Try it:
Gather each line in the entries that includes the string "failure".

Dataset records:
==============================

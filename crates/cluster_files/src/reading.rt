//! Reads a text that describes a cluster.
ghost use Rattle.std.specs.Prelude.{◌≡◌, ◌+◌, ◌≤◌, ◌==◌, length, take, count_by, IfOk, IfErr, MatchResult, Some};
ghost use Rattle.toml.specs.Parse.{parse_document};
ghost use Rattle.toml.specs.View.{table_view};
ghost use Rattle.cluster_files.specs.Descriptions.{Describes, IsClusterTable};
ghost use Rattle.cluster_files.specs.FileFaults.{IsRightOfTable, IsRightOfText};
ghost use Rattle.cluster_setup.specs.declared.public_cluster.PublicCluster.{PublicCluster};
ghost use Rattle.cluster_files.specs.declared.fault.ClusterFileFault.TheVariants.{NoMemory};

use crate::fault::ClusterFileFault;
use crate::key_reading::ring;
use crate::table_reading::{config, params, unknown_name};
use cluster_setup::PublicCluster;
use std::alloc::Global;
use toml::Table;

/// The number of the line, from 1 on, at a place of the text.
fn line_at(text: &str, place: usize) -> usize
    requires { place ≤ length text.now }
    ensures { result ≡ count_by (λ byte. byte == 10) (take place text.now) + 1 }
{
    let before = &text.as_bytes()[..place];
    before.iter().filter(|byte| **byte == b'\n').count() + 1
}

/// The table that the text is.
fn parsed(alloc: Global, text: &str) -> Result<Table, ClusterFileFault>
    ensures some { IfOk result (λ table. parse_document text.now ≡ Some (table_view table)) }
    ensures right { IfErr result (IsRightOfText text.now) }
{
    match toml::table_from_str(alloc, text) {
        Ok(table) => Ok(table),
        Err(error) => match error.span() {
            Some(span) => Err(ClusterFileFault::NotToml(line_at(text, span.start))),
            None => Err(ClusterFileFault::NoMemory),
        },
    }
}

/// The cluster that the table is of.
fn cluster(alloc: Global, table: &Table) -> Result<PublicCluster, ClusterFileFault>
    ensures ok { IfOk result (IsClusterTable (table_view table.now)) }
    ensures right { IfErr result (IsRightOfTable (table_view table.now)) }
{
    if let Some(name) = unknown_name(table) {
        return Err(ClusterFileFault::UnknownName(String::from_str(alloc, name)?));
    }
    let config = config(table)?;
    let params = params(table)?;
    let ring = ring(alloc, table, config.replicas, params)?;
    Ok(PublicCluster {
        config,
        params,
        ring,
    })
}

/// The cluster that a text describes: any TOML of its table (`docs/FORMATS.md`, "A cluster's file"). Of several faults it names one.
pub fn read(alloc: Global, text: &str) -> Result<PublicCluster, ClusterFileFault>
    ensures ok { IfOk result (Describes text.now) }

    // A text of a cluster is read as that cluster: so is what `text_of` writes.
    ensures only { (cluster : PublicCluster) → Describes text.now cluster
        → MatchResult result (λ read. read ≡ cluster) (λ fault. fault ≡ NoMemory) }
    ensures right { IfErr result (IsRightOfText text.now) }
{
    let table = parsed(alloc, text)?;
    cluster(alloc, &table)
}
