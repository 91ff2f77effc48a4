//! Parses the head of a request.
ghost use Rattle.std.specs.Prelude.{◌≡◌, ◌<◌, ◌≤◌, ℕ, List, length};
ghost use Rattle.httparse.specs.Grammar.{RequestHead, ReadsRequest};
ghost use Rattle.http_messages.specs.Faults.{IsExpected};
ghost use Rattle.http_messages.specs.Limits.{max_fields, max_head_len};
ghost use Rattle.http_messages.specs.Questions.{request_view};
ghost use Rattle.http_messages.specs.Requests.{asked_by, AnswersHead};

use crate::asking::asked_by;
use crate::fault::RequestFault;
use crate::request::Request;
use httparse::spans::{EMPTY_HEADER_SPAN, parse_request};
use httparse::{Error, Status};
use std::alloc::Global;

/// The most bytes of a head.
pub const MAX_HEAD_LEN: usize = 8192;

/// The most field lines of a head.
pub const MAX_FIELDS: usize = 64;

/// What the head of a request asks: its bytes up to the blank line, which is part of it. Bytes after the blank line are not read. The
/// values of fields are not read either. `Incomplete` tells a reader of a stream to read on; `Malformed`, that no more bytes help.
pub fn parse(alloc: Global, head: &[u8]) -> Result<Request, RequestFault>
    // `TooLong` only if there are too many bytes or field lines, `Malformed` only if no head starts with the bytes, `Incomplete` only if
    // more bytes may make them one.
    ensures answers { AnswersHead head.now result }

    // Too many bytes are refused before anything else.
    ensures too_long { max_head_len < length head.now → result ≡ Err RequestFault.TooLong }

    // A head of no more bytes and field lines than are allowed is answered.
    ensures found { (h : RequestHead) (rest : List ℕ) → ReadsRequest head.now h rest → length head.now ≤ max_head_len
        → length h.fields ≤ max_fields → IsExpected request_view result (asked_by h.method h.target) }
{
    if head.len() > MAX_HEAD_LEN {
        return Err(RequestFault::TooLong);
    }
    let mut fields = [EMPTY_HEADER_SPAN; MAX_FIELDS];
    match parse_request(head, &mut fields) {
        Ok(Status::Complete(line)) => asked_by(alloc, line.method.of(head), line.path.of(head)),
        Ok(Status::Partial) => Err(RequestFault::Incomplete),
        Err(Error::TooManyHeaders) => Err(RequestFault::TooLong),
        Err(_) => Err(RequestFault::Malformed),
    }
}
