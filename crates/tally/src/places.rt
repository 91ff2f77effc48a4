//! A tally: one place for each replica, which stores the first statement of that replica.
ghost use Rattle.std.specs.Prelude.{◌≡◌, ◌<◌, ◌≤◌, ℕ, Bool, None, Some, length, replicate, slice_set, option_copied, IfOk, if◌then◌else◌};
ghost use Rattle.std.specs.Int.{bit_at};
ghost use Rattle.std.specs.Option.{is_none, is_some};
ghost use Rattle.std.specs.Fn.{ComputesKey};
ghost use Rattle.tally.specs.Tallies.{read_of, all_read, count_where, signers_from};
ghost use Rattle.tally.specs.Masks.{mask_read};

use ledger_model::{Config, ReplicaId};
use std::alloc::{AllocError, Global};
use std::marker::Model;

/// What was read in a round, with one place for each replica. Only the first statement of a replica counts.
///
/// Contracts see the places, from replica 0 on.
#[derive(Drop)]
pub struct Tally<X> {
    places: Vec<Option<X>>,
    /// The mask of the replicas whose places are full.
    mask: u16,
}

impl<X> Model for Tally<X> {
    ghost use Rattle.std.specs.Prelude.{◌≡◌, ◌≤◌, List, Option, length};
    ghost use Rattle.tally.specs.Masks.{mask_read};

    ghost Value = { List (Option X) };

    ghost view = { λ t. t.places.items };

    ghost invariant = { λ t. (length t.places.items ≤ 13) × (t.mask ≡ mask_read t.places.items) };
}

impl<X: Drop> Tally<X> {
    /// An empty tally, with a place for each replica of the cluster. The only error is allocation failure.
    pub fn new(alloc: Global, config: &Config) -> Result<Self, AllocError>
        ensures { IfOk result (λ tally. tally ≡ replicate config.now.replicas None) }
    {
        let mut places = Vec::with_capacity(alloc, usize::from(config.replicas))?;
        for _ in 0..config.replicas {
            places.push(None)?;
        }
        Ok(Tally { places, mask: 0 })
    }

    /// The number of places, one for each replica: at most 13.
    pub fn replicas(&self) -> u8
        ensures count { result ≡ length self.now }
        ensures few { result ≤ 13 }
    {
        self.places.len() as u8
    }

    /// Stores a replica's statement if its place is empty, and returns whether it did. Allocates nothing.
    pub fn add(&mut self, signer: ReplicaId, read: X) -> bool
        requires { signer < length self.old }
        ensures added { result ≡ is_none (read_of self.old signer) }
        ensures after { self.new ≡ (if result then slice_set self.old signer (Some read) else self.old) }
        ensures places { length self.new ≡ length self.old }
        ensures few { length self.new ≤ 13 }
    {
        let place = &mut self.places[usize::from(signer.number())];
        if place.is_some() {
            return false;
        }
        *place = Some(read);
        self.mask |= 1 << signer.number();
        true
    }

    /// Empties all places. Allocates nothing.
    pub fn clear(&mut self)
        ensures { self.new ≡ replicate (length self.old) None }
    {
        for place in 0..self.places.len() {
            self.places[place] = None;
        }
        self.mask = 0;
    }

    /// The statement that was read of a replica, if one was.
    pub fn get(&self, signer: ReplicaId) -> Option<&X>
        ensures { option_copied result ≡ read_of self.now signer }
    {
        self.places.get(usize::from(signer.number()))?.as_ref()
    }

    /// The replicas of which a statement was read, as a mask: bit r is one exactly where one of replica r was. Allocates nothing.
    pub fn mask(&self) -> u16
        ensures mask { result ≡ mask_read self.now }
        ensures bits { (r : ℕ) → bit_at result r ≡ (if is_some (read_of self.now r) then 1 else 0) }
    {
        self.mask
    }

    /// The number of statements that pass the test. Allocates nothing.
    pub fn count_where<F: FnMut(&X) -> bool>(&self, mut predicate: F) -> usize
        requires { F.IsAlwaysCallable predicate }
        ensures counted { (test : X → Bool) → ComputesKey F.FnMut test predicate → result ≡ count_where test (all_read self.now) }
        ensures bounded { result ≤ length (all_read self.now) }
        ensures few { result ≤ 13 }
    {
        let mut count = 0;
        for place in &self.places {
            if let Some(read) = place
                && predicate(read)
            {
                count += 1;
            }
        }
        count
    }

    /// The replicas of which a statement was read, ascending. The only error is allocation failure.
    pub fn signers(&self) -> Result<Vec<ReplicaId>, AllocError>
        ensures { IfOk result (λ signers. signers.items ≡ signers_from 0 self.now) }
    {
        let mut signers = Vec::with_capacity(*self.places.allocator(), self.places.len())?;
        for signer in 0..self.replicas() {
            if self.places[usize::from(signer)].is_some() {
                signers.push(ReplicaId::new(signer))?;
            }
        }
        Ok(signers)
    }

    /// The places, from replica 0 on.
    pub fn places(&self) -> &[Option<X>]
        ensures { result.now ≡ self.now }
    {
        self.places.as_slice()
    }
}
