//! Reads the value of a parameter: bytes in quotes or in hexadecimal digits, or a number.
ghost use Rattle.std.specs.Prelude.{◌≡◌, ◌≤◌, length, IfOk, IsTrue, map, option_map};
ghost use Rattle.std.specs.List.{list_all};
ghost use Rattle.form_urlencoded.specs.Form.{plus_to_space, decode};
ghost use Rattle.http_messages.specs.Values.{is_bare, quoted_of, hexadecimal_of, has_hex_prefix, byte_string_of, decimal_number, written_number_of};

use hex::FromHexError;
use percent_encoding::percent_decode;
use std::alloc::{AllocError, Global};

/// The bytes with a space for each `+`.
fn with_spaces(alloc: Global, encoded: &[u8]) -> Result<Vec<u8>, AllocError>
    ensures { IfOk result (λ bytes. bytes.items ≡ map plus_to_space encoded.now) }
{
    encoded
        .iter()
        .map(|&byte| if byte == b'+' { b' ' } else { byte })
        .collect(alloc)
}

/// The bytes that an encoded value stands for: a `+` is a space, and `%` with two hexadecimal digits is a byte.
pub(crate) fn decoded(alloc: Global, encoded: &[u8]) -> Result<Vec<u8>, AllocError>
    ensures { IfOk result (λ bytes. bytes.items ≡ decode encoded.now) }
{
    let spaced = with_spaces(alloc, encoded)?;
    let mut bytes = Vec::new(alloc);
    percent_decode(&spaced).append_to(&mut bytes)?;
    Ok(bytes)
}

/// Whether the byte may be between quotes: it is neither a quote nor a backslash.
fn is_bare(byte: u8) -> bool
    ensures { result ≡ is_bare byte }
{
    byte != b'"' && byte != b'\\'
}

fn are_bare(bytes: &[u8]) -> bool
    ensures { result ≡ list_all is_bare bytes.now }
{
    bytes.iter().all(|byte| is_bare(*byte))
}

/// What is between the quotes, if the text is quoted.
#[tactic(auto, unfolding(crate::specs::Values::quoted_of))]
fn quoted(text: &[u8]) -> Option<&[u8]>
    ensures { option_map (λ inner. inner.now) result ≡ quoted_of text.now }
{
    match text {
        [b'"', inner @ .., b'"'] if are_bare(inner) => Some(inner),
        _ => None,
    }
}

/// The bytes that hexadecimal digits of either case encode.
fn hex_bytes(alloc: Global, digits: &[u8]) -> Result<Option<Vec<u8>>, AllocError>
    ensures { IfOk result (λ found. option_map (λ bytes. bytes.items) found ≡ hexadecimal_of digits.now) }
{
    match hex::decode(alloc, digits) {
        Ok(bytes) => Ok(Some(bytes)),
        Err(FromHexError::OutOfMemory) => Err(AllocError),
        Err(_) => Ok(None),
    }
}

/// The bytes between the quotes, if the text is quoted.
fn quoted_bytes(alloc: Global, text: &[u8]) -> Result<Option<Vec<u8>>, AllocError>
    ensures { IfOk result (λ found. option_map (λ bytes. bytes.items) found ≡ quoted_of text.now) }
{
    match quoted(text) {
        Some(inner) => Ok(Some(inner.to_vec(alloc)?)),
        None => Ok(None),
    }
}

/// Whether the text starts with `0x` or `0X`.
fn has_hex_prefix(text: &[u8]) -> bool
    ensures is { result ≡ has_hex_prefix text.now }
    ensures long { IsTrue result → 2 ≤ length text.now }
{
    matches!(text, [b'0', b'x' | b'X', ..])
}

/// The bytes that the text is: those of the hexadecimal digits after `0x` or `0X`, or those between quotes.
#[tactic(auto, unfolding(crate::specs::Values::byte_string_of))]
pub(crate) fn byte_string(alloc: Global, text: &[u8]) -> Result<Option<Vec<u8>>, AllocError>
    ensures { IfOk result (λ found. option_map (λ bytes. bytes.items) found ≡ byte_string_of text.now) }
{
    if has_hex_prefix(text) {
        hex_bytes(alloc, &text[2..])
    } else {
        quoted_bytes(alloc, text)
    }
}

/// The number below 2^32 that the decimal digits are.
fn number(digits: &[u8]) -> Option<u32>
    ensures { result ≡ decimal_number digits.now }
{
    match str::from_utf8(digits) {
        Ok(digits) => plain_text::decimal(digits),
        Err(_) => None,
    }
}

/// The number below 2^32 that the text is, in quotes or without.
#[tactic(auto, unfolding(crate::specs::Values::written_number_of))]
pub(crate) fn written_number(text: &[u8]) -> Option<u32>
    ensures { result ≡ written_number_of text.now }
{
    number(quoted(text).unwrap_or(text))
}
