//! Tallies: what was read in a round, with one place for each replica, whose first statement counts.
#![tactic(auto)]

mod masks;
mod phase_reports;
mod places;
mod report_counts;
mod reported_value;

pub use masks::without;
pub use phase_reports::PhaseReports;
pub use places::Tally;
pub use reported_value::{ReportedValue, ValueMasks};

==============================

Task solution:
    /// An empty tally, with a place for each replica of the cluster. The only error is allocation failure.
    /// The replicas of which a statement was read, ascending. The only error is allocation failure.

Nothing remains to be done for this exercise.